Mott law as lower bound for a random walk in a random environment

TL;DR

This paper proves that the diffusion of a random walk in a disordered medium is bounded below by Mott's law, linking microscopic hopping dynamics to macroscopic conductivity in strongly localized electronic systems.

Contribution

It establishes a rigorous lower bound for the diffusion coefficient of a random walk in a random environment, matching Mott's law for variable range hopping conductivity.

Findings

Diffusion converges to a Brownian motion with a lower bound given by Mott's law.

The lower bound is proven using percolation theory estimates.

The model captures phonon-induced electron hopping in disordered solids.

Abstract

We consider a random walk on the support of a stationary simple point process on $R^d$, $d\geq 2$ which satisfies a mixing condition w.r.t.the translations or has a strictly positive density uniformly on large enough cubes.

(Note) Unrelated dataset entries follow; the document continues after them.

impl Session {
    /// The lines, one packet for the console each.
    fn put_lines(&self, replies: &mut Replies, lines: &[Vec<u8>]) -> Result<(), AllocError>
        ensures { OnOk result (texts_of replies.new.items
            ≡ texts_of replies.old.items ++ map console_text (texts_of lines.now)) }
    {
        for line in lines {
            let mut text = Vec::new(self.alloc);
            put_console(&mut text, line)?;
            replies.push(text)?;
        }
        Ok(())
    }

    /// The lines, and then that it was done.
    fn print(&self, replies: &mut Replies, lines: &[Vec<u8>]) -> Result<(), AllocError>
        ensures { OnOk result (texts_of replies.new.items ≡ texts_of replies.old.items
            ++ map console_text (texts_of lines.now) ++ codes "OK" ∷ []) }
    {
        self.put_lines(replies, lines)?;
        self.say(replies, "OK")
    }

    /// The same of one line.
    fn print_line(&self, replies: &mut Replies, line: &[u8]) -> Result<(), AllocError>
        ensures { OnOk result (texts_of replies.new.items
            ≡ texts_of replies.old.items ++ console_text line.now ∷ codes "OK" ∷ []) }
    {
        let mut text = Vec::new(self.alloc);
        put_console(&mut text, line)?;
        replies.push(text)?;
        self.say(replies, "OK")
    }

    /// What is said of `goto` itself.
    fn print_goal_form(&self, replies: &mut Replies) -> Result<(), AllocError>
        ensures { OnOk result (texts_of replies.new.items
            ≡ texts_of replies.old.items ++ console_text goal_form ∷ codes "OK" ∷ []) }
    {
        let mut line = Vec::new(self.alloc);
        put_goal_form(&mut line)?;
        self.print_line(replies, &line)
    }

    /// What is said of `page` itself.
    fn print_page_form(&self, replies: &mut Replies) -> Result<(), AllocError>
        ensures { OnOk result (texts_of replies.new.items
            ≡ texts_of replies.old.items ++ console_text page_form ∷ codes "OK" ∷ []) }
    {
        let mut line = Vec::new(self.alloc);
        put_page_form(&mut line)?;
        self.print_line(replies, &line)
    }

    /// What may be asked.
    fn print_command_forms(&self, replies: &mut Replies) -> Result<(), AllocError>
        ensures { OnOk result (texts_of replies.new.items ≡ texts_of replies.old.items
            ++ console_text (console_line command_forms) ∷ codes "OK" ∷ []) }
    {
        let mut line = Vec::new(self.alloc);
        put_command_forms(&mut line)?;
        self.print_line(replies, &line)
    }
}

Furthermore the point process is furnished with independent random bounded energy marks. The transition rates of the random walk decay exponentially in the jump distances and depend on the energies through a factor of the Boltzmann-type. This is an effective model for the phonon-induced hopping of electrons in disordered solids within the regime of strong Anderson localization. We show that the rescaled random walk converges to a Brownian motion whose diffusion coefficient is bounded below by Mott's law for the variable range hopping conductivity at zero frequency. The proof of the lower bound involves estimates for the supercritical regime of an associated site percolation problem.